(Saved entries)
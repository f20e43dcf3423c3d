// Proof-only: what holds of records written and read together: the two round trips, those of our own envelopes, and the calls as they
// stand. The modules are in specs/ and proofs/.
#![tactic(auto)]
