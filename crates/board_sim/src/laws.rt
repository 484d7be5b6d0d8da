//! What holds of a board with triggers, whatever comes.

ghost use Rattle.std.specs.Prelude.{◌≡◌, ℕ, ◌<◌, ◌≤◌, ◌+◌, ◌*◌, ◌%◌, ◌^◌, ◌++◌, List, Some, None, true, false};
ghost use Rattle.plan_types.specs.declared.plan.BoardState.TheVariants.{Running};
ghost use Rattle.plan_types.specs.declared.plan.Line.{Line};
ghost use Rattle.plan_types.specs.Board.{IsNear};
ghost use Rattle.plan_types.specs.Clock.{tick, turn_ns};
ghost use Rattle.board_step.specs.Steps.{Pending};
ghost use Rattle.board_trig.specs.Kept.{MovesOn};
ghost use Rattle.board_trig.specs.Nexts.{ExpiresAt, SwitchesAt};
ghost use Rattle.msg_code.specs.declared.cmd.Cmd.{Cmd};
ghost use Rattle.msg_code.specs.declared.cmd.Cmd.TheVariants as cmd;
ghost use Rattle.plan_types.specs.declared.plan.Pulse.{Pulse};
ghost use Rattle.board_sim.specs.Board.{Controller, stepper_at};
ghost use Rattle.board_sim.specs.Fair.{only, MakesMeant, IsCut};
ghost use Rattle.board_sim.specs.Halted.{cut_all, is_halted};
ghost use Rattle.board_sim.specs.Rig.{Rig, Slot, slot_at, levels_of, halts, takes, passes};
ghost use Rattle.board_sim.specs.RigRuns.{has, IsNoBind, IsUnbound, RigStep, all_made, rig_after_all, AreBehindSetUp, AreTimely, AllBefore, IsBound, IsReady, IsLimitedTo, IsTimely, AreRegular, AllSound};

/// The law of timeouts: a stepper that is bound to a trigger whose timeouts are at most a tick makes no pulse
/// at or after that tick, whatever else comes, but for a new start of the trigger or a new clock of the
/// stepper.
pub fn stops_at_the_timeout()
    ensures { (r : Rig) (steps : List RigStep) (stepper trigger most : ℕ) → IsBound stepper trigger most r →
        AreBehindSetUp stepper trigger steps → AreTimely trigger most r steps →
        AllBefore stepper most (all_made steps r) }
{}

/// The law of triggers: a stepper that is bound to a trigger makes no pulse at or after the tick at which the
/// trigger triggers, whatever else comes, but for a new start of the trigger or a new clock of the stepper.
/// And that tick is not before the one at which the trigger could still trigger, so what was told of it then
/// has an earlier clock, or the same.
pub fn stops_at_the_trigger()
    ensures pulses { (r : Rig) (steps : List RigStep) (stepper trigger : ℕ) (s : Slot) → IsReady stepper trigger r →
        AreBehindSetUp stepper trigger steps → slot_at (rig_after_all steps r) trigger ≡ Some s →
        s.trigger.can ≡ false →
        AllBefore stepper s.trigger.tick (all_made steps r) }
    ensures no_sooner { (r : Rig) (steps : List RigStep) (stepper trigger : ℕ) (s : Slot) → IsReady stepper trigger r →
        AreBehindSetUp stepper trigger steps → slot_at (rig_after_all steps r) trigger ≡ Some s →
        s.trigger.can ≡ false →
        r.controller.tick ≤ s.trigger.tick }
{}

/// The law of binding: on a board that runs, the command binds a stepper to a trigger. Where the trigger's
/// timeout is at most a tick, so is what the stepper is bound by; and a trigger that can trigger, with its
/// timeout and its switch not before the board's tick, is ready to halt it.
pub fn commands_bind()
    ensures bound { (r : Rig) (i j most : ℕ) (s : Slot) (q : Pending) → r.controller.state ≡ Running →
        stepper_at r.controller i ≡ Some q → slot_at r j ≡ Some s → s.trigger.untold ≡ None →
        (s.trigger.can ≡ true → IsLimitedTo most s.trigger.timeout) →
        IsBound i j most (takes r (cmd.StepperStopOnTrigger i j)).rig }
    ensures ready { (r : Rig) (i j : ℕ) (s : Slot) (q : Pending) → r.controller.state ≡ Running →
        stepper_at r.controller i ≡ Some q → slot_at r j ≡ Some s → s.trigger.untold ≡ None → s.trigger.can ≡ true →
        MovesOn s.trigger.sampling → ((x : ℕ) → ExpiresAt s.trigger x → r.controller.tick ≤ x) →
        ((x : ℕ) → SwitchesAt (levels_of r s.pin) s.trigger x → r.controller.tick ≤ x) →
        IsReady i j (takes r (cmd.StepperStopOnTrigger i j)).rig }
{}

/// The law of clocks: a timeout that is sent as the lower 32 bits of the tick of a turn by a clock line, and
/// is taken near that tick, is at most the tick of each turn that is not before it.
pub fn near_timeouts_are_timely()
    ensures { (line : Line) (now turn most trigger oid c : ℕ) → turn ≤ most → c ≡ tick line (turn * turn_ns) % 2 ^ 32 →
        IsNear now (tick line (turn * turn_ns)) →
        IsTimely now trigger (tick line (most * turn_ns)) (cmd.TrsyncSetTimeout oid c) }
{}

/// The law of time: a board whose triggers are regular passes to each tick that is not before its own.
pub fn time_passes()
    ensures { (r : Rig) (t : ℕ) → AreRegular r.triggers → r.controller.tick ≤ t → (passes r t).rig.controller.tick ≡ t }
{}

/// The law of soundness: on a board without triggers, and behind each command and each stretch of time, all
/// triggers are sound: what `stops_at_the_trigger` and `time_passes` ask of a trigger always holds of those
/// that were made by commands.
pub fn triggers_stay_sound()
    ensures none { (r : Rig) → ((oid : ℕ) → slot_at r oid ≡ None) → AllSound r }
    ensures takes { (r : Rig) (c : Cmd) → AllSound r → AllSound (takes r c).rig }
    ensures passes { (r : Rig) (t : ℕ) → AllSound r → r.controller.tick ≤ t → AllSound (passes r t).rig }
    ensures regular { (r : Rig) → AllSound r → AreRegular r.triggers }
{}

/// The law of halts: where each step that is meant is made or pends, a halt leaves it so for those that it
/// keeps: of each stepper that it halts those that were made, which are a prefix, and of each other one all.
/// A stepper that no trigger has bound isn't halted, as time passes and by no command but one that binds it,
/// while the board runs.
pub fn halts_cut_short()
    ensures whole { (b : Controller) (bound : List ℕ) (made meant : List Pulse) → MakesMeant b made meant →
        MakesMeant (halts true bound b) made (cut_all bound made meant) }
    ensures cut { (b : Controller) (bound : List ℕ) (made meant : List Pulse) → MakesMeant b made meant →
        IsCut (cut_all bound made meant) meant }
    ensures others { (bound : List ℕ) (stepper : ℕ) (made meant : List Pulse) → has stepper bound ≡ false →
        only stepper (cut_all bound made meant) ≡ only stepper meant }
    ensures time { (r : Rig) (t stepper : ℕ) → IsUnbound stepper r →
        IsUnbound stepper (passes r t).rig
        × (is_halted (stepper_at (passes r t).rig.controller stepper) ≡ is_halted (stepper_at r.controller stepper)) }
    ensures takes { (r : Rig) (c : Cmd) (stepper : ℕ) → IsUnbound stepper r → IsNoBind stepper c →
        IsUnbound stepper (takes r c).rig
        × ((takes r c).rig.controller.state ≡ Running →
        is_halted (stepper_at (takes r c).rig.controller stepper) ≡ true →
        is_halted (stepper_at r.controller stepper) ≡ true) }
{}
* * *
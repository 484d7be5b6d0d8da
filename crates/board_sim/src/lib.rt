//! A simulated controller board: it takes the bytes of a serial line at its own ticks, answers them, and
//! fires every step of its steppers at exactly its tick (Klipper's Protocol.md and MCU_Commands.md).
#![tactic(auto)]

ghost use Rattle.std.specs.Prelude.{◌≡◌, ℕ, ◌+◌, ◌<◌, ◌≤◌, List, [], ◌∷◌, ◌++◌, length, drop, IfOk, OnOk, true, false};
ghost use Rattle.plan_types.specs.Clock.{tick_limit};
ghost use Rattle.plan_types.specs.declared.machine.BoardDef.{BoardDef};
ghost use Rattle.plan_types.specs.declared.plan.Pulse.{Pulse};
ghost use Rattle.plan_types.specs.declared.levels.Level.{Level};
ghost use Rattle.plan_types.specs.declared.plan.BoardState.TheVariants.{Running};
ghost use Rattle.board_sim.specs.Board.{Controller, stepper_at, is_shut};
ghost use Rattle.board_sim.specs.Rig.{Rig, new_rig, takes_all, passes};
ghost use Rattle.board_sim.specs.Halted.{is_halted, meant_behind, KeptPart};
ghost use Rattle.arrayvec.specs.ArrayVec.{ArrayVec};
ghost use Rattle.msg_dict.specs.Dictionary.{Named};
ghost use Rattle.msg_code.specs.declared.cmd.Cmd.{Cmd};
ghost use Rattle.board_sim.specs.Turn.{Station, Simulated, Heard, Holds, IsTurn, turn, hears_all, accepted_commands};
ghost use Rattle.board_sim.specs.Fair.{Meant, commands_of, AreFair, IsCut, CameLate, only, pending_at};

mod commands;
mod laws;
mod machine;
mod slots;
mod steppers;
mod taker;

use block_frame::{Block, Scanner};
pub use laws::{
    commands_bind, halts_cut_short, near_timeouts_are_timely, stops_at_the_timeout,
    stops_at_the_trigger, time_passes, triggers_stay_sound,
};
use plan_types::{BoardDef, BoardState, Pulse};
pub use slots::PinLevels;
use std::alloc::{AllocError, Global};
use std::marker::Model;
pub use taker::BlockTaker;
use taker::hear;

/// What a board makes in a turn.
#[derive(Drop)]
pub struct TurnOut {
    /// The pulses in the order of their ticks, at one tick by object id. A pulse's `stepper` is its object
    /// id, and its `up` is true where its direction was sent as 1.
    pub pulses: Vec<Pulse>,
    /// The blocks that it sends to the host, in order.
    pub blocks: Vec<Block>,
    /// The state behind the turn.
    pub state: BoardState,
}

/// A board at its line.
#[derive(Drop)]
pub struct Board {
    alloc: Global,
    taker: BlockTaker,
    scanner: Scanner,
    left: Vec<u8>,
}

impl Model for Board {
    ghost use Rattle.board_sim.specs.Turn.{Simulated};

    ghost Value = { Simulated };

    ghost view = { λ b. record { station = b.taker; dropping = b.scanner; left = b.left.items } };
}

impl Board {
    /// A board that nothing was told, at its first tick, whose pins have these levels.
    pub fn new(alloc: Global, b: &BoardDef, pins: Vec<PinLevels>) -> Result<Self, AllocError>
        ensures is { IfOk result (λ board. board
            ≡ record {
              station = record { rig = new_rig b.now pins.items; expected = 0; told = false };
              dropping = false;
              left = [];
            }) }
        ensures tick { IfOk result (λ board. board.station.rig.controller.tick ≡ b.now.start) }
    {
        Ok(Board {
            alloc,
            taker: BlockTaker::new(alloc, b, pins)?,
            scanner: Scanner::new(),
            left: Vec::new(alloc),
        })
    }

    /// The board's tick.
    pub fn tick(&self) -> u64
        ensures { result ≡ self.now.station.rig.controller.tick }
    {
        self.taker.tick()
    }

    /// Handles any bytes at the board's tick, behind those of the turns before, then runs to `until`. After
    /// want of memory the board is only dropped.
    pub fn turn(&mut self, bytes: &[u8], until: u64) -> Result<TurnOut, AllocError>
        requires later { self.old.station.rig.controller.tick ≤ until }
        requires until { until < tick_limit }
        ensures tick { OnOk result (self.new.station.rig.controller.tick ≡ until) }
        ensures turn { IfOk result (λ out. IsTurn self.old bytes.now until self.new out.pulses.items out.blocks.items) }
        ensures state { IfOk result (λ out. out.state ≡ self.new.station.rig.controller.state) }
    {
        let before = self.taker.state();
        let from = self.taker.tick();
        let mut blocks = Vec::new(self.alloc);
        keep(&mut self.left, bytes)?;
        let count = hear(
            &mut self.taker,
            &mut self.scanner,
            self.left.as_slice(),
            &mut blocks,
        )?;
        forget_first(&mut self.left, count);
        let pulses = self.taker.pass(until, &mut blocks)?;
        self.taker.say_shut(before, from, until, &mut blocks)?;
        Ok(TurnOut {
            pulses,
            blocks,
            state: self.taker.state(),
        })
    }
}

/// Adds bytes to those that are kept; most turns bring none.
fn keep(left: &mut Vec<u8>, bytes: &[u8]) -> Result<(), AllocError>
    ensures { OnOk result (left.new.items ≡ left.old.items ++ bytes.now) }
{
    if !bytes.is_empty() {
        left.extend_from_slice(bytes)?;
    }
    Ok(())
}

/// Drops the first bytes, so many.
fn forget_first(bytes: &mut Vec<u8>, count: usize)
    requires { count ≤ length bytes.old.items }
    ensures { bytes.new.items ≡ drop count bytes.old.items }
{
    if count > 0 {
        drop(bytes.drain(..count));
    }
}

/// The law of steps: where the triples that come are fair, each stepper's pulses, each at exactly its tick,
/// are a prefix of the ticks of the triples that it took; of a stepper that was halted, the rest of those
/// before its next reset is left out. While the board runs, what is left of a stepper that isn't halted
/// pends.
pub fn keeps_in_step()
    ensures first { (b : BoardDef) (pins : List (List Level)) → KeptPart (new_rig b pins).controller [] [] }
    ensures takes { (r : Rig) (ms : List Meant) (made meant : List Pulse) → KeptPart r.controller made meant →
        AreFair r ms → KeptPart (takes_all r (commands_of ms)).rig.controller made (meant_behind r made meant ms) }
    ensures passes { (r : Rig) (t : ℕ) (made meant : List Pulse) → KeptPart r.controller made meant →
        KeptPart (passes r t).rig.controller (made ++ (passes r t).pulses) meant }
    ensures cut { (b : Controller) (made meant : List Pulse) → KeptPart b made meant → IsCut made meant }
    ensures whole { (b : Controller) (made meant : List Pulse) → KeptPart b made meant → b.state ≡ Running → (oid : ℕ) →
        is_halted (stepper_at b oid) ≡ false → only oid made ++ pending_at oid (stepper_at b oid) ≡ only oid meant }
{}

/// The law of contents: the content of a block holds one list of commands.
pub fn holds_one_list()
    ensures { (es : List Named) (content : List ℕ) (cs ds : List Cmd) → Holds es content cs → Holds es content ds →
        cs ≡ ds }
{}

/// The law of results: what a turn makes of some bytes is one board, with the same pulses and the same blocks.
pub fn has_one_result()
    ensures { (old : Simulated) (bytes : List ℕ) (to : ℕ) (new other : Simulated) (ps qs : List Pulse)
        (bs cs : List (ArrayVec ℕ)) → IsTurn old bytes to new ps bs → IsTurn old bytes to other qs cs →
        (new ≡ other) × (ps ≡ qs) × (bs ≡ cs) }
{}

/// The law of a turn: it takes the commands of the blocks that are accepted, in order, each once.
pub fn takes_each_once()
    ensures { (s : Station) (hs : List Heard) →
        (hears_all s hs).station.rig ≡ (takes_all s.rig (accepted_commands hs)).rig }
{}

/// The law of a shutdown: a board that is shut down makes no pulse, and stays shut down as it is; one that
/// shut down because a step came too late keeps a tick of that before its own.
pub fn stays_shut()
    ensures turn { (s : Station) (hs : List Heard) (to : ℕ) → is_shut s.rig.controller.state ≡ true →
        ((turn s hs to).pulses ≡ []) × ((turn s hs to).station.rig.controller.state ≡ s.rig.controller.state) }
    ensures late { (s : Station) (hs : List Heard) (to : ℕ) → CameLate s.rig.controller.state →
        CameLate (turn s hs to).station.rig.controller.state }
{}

**TASK TO COMPLETE:**
From the records above, transcribe without alteration every line from the one with "OnOk result (left.new.items" to the one with "fn forget_first(bytes: &mut", inclusive.

**RESPONSE BELOW:**
    ensures { OnOk result (left.new.items ≡ left.old.items ++ bytes.now) }
{
    if !bytes.is_empty() {
        left.extend_from_slice(bytes)?;
    }
    Ok(())
}

/// Drops the first bytes, so many.
fn forget_first(bytes: &mut Vec<u8>, count: usize)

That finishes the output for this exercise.